Show every line below where "Counted" appears.

--- Supplied information Enclosed Below ---

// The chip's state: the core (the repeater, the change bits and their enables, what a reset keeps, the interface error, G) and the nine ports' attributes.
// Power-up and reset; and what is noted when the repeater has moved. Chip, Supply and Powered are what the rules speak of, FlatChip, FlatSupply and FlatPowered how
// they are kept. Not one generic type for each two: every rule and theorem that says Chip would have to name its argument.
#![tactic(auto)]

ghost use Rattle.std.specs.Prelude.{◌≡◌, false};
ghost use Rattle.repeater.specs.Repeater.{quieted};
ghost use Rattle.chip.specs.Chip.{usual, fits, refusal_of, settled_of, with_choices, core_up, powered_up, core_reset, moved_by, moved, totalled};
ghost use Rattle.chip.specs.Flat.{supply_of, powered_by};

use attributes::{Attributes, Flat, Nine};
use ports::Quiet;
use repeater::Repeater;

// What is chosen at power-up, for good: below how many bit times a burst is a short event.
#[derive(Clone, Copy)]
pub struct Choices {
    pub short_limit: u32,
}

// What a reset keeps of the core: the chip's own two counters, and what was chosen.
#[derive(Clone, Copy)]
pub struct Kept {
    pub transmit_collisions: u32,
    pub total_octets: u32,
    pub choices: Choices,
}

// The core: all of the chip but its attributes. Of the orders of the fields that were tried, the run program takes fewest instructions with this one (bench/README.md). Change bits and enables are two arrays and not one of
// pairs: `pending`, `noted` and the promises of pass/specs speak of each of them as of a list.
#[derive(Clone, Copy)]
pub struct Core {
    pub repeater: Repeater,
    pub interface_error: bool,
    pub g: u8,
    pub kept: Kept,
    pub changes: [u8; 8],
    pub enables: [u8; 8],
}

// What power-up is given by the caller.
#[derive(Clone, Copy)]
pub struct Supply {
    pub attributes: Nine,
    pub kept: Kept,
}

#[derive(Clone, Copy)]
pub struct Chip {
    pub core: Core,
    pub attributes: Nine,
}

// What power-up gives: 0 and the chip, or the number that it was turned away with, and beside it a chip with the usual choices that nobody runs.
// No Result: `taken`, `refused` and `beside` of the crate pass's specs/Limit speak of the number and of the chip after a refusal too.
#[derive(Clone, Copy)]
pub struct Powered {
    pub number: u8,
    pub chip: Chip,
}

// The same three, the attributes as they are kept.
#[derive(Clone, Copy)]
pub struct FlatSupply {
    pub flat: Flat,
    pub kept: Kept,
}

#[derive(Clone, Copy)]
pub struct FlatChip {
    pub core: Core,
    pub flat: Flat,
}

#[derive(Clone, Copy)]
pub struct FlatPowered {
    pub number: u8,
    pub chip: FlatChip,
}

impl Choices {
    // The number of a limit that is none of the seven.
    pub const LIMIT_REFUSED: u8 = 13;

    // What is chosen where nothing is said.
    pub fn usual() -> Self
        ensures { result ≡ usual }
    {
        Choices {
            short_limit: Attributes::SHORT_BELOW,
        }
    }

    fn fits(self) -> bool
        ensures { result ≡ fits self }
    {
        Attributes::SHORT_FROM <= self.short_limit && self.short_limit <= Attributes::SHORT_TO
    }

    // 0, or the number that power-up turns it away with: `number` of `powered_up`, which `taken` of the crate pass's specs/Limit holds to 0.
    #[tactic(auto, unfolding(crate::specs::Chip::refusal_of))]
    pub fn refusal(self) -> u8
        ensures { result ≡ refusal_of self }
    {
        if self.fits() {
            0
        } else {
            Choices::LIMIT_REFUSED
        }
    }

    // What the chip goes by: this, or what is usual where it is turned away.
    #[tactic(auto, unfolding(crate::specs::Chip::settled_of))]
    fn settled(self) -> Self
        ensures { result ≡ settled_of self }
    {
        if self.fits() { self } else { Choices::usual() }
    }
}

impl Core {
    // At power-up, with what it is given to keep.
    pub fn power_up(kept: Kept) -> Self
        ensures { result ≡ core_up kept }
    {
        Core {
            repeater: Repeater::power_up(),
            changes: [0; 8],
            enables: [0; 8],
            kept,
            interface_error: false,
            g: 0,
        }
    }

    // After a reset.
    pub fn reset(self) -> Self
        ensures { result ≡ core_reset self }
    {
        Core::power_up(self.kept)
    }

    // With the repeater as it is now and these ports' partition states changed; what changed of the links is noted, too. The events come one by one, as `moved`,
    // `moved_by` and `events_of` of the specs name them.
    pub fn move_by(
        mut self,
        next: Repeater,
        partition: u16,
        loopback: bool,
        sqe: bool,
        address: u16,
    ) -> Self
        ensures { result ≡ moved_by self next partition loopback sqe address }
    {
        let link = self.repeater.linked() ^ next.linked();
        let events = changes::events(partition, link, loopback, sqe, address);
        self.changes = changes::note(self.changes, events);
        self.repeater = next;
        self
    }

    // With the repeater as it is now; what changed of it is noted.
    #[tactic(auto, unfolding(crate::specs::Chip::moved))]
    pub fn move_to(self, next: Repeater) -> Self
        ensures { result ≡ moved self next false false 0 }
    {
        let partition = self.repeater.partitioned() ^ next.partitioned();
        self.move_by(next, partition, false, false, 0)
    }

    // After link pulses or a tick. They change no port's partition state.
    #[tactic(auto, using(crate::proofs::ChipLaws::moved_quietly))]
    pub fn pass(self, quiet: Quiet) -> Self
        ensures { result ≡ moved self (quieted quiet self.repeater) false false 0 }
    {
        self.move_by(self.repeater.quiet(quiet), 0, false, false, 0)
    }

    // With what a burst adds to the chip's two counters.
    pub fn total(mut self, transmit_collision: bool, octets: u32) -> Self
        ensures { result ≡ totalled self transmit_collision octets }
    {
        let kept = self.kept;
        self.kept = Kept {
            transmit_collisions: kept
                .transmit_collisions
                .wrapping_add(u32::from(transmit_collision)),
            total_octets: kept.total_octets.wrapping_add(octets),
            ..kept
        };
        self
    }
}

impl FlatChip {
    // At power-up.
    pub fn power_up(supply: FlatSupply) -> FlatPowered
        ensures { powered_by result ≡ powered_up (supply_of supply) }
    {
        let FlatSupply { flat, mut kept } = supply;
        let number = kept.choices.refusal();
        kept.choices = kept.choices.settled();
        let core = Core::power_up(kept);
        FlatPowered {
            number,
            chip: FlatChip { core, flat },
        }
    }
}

--- End of Enclosed Supplied information ---
--- Supplied information Enclosed Below ---

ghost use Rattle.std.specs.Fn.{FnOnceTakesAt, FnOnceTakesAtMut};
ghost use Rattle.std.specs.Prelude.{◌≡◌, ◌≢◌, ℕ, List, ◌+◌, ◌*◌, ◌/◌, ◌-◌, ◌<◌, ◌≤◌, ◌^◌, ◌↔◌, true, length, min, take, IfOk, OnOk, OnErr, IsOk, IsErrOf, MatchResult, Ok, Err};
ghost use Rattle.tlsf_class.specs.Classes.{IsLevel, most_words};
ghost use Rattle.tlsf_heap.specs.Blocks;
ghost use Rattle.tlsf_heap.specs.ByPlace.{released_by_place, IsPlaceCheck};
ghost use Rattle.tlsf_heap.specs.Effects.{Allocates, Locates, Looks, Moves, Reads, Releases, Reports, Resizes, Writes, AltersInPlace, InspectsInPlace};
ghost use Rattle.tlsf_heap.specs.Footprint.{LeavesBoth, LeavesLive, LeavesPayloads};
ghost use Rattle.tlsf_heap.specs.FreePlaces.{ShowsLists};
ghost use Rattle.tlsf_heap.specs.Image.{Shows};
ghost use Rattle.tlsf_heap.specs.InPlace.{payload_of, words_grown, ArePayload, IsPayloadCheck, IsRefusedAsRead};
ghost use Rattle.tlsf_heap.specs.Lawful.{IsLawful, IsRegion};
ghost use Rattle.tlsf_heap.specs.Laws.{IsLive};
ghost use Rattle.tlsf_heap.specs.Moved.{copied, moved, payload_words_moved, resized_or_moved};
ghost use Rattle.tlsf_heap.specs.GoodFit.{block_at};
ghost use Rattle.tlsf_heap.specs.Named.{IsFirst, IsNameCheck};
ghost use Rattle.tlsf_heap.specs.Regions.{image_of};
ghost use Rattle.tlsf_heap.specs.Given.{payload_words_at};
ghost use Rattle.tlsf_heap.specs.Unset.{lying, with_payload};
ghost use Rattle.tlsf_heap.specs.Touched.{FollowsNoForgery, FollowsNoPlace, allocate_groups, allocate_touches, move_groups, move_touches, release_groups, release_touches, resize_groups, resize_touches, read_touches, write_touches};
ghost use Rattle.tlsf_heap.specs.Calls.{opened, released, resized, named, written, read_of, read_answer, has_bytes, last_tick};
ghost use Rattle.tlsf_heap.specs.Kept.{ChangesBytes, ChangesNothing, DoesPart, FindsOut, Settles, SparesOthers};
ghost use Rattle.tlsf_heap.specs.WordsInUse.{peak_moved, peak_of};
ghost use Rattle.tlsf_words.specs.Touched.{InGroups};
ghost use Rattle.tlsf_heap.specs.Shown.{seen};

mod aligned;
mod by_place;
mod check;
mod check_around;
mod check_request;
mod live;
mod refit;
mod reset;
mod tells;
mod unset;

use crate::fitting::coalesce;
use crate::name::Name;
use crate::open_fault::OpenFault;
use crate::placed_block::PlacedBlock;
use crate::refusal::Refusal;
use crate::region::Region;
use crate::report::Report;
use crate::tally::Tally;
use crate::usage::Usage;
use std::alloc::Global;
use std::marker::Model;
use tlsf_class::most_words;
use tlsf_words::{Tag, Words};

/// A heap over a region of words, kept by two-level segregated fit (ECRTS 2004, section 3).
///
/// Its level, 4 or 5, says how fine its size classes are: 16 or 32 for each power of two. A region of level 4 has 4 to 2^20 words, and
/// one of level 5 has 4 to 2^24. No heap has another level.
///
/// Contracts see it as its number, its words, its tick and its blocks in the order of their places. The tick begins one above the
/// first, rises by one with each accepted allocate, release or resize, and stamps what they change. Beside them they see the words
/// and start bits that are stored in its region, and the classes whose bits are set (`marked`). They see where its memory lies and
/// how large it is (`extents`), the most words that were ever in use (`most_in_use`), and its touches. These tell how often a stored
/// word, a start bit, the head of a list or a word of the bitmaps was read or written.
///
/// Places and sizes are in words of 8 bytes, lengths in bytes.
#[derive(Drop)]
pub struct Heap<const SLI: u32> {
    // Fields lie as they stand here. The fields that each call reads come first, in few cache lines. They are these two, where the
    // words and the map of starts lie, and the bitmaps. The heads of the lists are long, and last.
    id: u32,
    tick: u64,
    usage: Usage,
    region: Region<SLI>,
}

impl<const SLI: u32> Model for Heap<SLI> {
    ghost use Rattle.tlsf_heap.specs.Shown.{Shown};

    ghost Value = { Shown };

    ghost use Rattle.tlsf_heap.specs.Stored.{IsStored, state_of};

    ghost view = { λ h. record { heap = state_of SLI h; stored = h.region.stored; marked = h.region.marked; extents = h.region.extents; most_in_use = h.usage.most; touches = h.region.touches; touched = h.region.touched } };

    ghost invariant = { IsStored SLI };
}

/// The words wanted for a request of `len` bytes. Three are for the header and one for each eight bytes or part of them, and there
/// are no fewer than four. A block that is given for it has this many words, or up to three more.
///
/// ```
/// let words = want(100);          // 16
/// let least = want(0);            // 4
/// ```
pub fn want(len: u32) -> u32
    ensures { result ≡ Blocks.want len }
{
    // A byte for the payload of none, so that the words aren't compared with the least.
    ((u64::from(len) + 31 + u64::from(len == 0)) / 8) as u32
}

--- End of Enclosed Supplied information ---
--- Supplied information Enclosed Below ---

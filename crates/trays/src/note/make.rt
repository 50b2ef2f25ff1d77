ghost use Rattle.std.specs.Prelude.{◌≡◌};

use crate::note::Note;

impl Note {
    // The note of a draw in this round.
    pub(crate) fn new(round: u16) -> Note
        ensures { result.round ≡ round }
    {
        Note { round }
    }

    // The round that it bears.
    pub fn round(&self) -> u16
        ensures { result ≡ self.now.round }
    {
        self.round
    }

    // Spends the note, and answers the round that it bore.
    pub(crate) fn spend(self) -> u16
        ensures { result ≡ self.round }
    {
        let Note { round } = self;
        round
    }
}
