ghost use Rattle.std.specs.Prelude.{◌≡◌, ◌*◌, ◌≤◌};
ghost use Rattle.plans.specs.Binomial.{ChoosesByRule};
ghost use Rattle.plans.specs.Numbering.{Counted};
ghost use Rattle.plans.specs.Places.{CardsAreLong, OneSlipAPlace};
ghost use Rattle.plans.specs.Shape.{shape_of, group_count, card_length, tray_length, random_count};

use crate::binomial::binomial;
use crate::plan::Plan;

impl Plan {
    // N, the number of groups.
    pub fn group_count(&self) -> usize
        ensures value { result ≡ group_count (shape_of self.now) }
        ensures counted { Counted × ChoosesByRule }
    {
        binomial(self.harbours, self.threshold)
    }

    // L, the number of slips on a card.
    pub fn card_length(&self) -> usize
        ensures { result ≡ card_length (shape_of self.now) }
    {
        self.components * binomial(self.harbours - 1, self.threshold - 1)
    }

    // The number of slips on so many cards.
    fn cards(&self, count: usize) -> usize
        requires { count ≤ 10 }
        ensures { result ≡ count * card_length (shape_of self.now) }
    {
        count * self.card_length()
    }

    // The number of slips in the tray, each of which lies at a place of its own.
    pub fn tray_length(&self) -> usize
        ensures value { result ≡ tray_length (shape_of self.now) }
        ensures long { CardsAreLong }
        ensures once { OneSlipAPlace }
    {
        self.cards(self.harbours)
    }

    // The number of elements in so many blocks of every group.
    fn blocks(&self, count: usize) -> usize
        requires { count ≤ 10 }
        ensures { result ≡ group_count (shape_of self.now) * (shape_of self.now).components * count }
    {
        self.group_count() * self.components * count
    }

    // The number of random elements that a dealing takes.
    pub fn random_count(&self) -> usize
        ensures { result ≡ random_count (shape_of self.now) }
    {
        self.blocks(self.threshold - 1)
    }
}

--- End of Enclosed Supplied information ---

### Output below
ghost use Rattle.plans.specs.Numbering.{Counted};
        ensures counted { Counted × ChoosesByRule }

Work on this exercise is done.